Natural Wine Pioneers: Gramenon

Natural Wine Pioneers: Gramenon

Oct 04, 2023Sadie Williams

Have you tasted Gramenon’s Poignée de Raisins? If you’re not expecting it, this joyous, fruit-driven Grenache will absolutely deck you with its delirious aromatics and hidden complexity. It’s ethereal, but still full of the earthy, herbaceous, rich fruit characteristics that make Grenache from this part of the world so lustworthy. You wouldn’t be the first to get knocked off your feet.

Gramenon has been taking names since its first vintage in 1990. Back then, it was Philippe Aubéry-Laurent at the helm of the Southern Rhône estate, while his wife Michèle worked as a nurse. Philippe was an early adherent to natural winemaking principles: organic and biodynamic practices in the vineyard, native yeast in the cellar, no fining or filtration, and minimal (if any) doses of sulfur at bottling.

From Early National Recognition to Cult Status

In 1990s Paris, he didn’t go unnoticed. Along with other natural-leaning winemakers, Philippe’s wines were featured on the lists of hot spot wine bars catering to everyday Parisians and wine nerds alike.  Elsewhere in the world? Forget it — wine like this, however true to traditional, pre-industrial winemaking, was subversive. Here in the U.S., we were in the grips of our Merlot obsession and Kermit Lynch was still attempting to persuade shoppers of the merits of traditionally crafted wines.

Even if the rest of the world hadn’t caught up yet, by the end of the 1990s, the name Gramenon meant something. Phillipe’s hard work was paying off. But then, in 1999, the winemaker died in a tragic accident. His wife Michèle was left with their three children, their vineyards, and the winery. She could have given it up. Sold the land or rented the vines. Instead, she stepped into Phillipe’s shoes and committed herself entirely to fulfilling his vision.

To say she succeeded would be an understatement. Over the last 20-odd years, Michèle has grown Gramenon into the cult phenomenon that it is today. She pursued organic and biodynamic certifications and has brought her own creative touch to the limited productions of primarily old-vine Grenache. More recently, she was joined by her son Maxime François, a rising star in his own right who bottles a handful of cuvées under his own name.

A Unique Terroir

Gramenon traffics in Côtes du Rhône. Brilliant, manifold, luscious Côtes du Rhône of varying cépages. At least half are entirely old-vine Grenache, their specialty. Others a more traditional blend of Grenache, Syrah, Mourvèdre, or Cinsault. 

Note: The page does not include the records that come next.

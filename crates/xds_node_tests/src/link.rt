// Tests of a channel between two threads: what no clause says, as that items come through at all.
use std::alloc::{AllocError, Global};
use std::sync::Wait;
use std::thread;
use std::thread::Threads;
use xds_exchange::{Incoming, Outgoing, Unlinked, link};

// Puts the numbers from 0 up to this one, and the end; answers how many were put.
fn put_all<R: Wait>(rt: &R, mut outgoing: Outgoing<u64>, count: u64) -> u64 {
    let mut done = 0;
    for number in 0..count {
        if outgoing.put(rt, number).is_ok() {
            done = number + 1;
        }
    }
    outgoing.end(rt);
    done
}

// Takes until none comes; answers how many came, as long as each was the next number.
fn take_all<R: Wait>(rt: &R, mut incoming: Incoming<u64>) -> u64 {
    let mut next = 0;
    for _ in rt.forever() {
        match incoming.take(rt) {
            Some(number) if number == next && next < u64::MAX => next += 1,
            _ => break,
        }
    }
    let _taken = incoming.leave();
    next
}

// How many of so many numbers were put, and came in order at another thread.
fn passed<R: Threads + Wait + Sync>(
    rt: &R,
    alloc: Global,
    count: u64,
) -> Result<(u64, u64), AllocError> {
    let (outgoing, incoming) = link(alloc)?;
    Ok(thread::join(
        rt,
        move || put_all(rt, outgoing, count),
        move || take_all(rt, incoming),
    ))
}

#[test]
fn items_come_in_order_to_another_thread(rt: HostRuntime) {
    for count in [0, 1, 16, 17, 1000] {
        assert_eq!(rt;
            passed(&rt, rt.alloc(), count),
            Ok((count, count)),
            "{count} numbers"
        );
    }
}

#[test]
fn an_end_that_left_is_told(rt: HostRuntime) {
    let Ok((mut outgoing, mut incoming)) = link::<u64>(rt.alloc()) else {
        panic!(rt; "no memory");
    };
    let put = outgoing.put(&rt, 7);
    let taken = incoming.take(&rt);
    outgoing.end(&rt);
    let after = incoming.take(&rt);
    drop(incoming.leave());
    let late = outgoing.put(&rt, 8);
    drop(outgoing);
    assert_eq!(rt; put, Ok(()));
    assert_eq!(rt; taken, Some(7));
    assert_eq!(rt; after, None);
    assert_eq!(rt; late, Err(Unlinked));
}

#[test]
fn an_end_that_is_gone_ends_what_comes(rt: HostRuntime) {
    let Ok((mut outgoing, mut incoming)) = link::<u64>(rt.alloc()) else {
        panic!(rt; "no memory");
    };
    let put = outgoing.put(&rt, 7);
    drop(outgoing);
    let taken = incoming.take(&rt);
    let after = incoming.take(&rt);
    drop(incoming);
    assert_eq!(rt; put, Ok(()));
    assert_eq!(rt; taken, Some(7));
    assert_eq!(rt; after, None);
}
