// A node that finds no memory. `bench/hand/refused.py` runs this test with each allocation failing in
// turn: a call that was refused left no record and gives its event back, and a cut that was refused
// has cut nothing.
ghost use Rattle.std.specs.Prelude.{◌≡◌};

use crate::calls::{Told, counter};
use crate::sites::{Happens, Left, Records, Site, alone, put};
use std::alloc::Global;
use std::marker::Brand;
use std::sync::Wait;
use std::test::Fail;
use xds_node::{JournalLine, NodeName, Opened, SharedNode};
use xds_resource::Refusal;

// The counter of a write, and whether its call was refused at first.
fn called_again<A: Site, R: Wait>(
    rt: &R,
    node: &A,
    seat: &mut A::Seat,
    event: A::Event,
) -> Result<(u64, bool), Refusal> {
    let answer = node.call(rt, seat, event);
    if answer.refused() != Err(Refusal::OutOfMemory) {
        return Ok((counter(answer)?, false));
    }
    match answer.back() {
        Some((event, _)) => Ok((counter(node.call(rt, seat, event))?, true)),
        None => Err(Refusal::BadTrace),
    }
}

// What was cut, and whether that was refused at first.
fn cut_again<A: Site, R: Wait>(rt: &R, node: &A) -> Result<(A::Segment, bool), Refusal> {
    match node.cut(rt) {
        Err(Refusal::OutOfMemory) => Ok((node.cut(rt)?, true)),
        Err(refusal) => Err(refusal),
        Ok(segment) => Ok((segment, false)),
    }
}

// Whether a call and a cut were refused at first.
#[derive(Clone, Copy)]
struct Refused {
    call: bool,
    cut: bool,
}

fn ended<L: Left>(alloc: Global, left: L, segment: L::Segment) -> Result<(), Refusal> {
    if segment.first() != 1 || segment.count() != 1 || left.count() != 1 || !left.is_complete() {
        return Err(Refusal::BadTrace);
    }
    left.audit(alone(alloc, segment)?)
}

// A call, a cut, and another call. What was cut, and what was refused at first.
fn called_and_cut<A: Site, R: Wait>(
    rt: &R,
    alloc: Global,
    node: &A,
    seat: &mut A::Seat,
) -> Result<(A::Segment, Refused), Refusal> {
    let event = A::Event::put(alloc, "a")?;
    let (first, call) = called_again(rt, node, seat, event)?;
    let (segment, cut) = cut_again(rt, node)?;
    let second = put(rt, alloc, node, seat, "b")?;
    if first != 1 || second != 2 {
        return Err(Refusal::BadStamp);
    }
    Ok((segment, Refused { call, cut }))
}

fn short<A: Site, R: Wait>(
    rt: &R,
    alloc: Global,
    node: Result<A, Refusal>,
) -> Result<Refused, Refusal> {
    let node = node?;
    let mut seat = node.seat(rt)?;
    let (segment, refused) = called_and_cut(rt, alloc, &node, &mut seat)?;
    let seats = alone(alloc, seat)?;
    ended(alloc, node.close(seats), segment)?;
    Ok(refused)
}

fn refused_of<N: NodeName, R: Wait>(
    rt: &R,
    alloc: Global,
    opened: Opened<JournalLine>,
) -> Result<Refused, Refusal>
    requires name { opened ≡ N.id }
    requires number { N.replica ≡ 1 }
{
    short(rt, alloc, SharedNode::<N>::new(alloc, opened, 1))
}

#[test]
fn a_node_without_memory(rt: HostRuntime) -> Result<(), Fail> {
    let opened = Opened::<JournalLine>::new(rt.alloc())?;
    let refused = refused_of::<Brand, _>(&rt, rt.alloc(), opened)?;
    if refused.call {
        println!(rt; "refused, and went on: call")?;
    }
    if refused.cut {
        println!(rt; "refused, and went on: cut")?;
    }
    Ok(())
}
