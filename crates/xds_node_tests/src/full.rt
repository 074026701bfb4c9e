// A journal that is full, and is cut.
ghost use Rattle.std.specs.Prelude.{◌≡◌};

use crate::calls::{Told, counter, refused};
use crate::sites::{Happens, Left, Records, Site, alone};
use std::alloc::Global;
use std::marker::Brand;
use std::sync::Wait;
use std::test::Fail;
use xds_node::{JournalLine, MOST_RECORDS, NodeName, Opened, SharedNode};
use xds_resource::Refusal;

// Fills a journal with refused events, each of which is recorded.
fn fill<A: Site, R: Wait>(rt: &R, node: &A, seat: &mut A::Seat) -> Result<(), Refusal> {
    for _ in 0..MOST_RECORDS {
        match refused(node.call(rt, seat, A::Event::close(9))) {
            Err(Refusal::NoStream) => {}
            Err(refusal) => return Err(refusal),
            Ok(()) => return Err(Refusal::BadTrace),
        }
    }
    Ok(())
}

// The event that comes back of a call that finds no room.
fn turned_away<T: Told>(answer: T) -> Result<T::Event, Refusal> {
    match answer.back() {
        Some((event, Refusal::JournalFull)) => Ok(event),
        Some((_, refusal)) => Err(refusal),
        None => Err(Refusal::BadTrace),
    }
}

// What is cut of a node whose journal is full; the event that found no room is tried again then.
fn full_and_cut<A: Site, R: Wait>(
    rt: &R,
    alloc: Global,
    node: &A,
    seat: &mut A::Seat,
) -> Result<A::Segment, Refusal> {
    none_is_cut(node.cut_full(rt)?)?;
    fill(rt, node, seat)?;
    let event = A::Event::put(alloc, "a")?;
    let event = turned_away(node.call(rt, seat, event))?;
    let cut = node.cut_full(rt)?;
    none_is_cut(node.cut_full(rt)?)?;
    counter(node.call(rt, seat, event))?;
    cut.ok_or(Refusal::BadTrace)
}

// A journal that isn't full isn't cut as a full one.
fn none_is_cut<S: Drop>(segment: Option<S>) -> Result<(), Refusal> {
    match segment {
        Some(_) => Err(Refusal::BadTrace),
        None => Ok(()),
    }
}

// What is left of a node whose journal was full once.
#[derive(Clone, Copy)]
struct Outcome {
    // The records that were cut, the number of the first of them, and how many the history has.
    cut: usize,
    first: u64,
    records: usize,
    before: u64,
    // The clusters of the replica when the journal was cut.
    held: usize,
    complete: bool,
    audit: Result<(), Refusal>,
}

fn ended<L: Left>(alloc: Global, left: L, segment: L::Segment) -> Result<Outcome, Refusal> {
    let (cut, first) = (segment.count(), segment.first());
    let (records, before) = (left.count(), left.cut());
    let held = left.clusters(alloc)?;
    let complete = left.is_complete();
    let audit = left.audit(alone(alloc, segment)?);
    Ok(Outcome {
        cut,
        first,
        records,
        before,
        held,
        complete,
        audit,
    })
}

fn full<A: Site, R: Wait>(
    rt: &R,
    alloc: Global,
    node: Result<A, Refusal>,
) -> Result<Outcome, Refusal> {
    let node = node?;
    let mut seat = node.seat(rt)?;
    let segment = full_and_cut(rt, alloc, &node, &mut seat)?;
    let seats = alone(alloc, seat)?;
    ended(alloc, node.close(seats), segment)
}

fn fills_up<N: NodeName, R: Wait>(
    rt: &R,
    alloc: Global,
    opened: Opened<JournalLine>,
) -> Result<Outcome, Refusal>
    requires name { opened ≡ N.id }
    requires number { N.replica ≡ 1 }
{
    full(rt, alloc, SharedNode::<N>::new(alloc, opened, 1))
}

// rule: cuts
#[test]
fn a_full_journal_takes_no_record_until_it_is_cut(rt: HostRuntime) -> Result<(), Fail> {
    let opened = Opened::<JournalLine>::new(rt.alloc())?;
    let outcome = fills_up::<Brand, _>(&rt, rt.alloc(), opened)?;
    assert!(rt;
        outcome.cut == 65536,
        "all records were handed out, and none of the call that found no room"
    );
    assert!(rt; outcome.first == 1, "they are numbered from 1");
    assert!(rt;
        outcome.records == 1,
        "the event that came back was recorded after the cut"
    );
    assert!(rt; outcome.before == 65536, "the history counts what was cut");
    assert!(rt;
        outcome.held == 0,
        "the call that found no room had changed nothing"
    );
    assert!(rt; outcome.complete, "the one seat was handed in");
    assert!(rt; outcome.audit.is_ok(), "the segment is all that was cut");
    Ok(())
}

The estate lies at the far northeastern edge of the Southern Rhône, where the sizzling Mediterranean summers begins to give way to the more brisk conditions of the Northern Rhône. The fierce Mistral wind rushes through their old vines, most around 30 years of age and many close to 100. They’re tended rigorously by Michèle, Maxime, and the goats, chickens, and other animals the family raises on their estate.

Walking through the vineyards, you would think you’ve landed on some distant alien moon. Beneath the gnarled ancient vines are gleaming galets roulés— like moon rocks — that push their way out of the clay and limestone soils. In each layer of the ancient terrain, you can find remnants of long-lost seas, of mountain peaks thrusting toward the sun and collapsing, of rivers depositing their treasures as they wound their way through an evolving landscape.

Translation to Bottle

Gramenon’s goal has always been to translate that impressive landscape, and their uniquely adapted old vines, from vineyard to bottle. To let nothing stand in between the vivid transmissions radiate out of this remarkable place. In the winery, they opt for old-school gravity-fed tanks for a gentle approach. They age in demi muide or foudre depending on the cuvée. They always ferment with native yeast, and only use sulfur at bottling, when necessary.

The Wines

At last count, Gramenon creates almost 20 cuvées each year. Their Sierra de Sud cuvée is 100% Syrah — an anomaly for this Grenache-focused domaine. It’s partially destemmed and macerated for 12 days in cement tanks, then spends 7 months aging in tank and barrique before bottling. Soft and spicy, it benefits from the slightly northerly latitude and closeness to the northern Rhône.

Their Poignée de Raisins, a perennial favorite and incredible entry point for newcomers to the domaine, is 100% Grenache. Grapes are partially destemmed and spend 15 days macerating in cement tank, then ages 6 months in tank before bottling. This is pure, sunny, fruit-driven juice that doesn’t sacrifice an ounce of complexity. If you’re not expecting it, that sheer joyous energy will absolutely clothesline you.

If you aren’t already head over heels for Gramenon, consider this your invitation. A world with these wines is unquestionably a better one. Their small, devoted legion of fans around the globe will second that. If you see these wines on shelves, don’t hesitate. They rarely last long.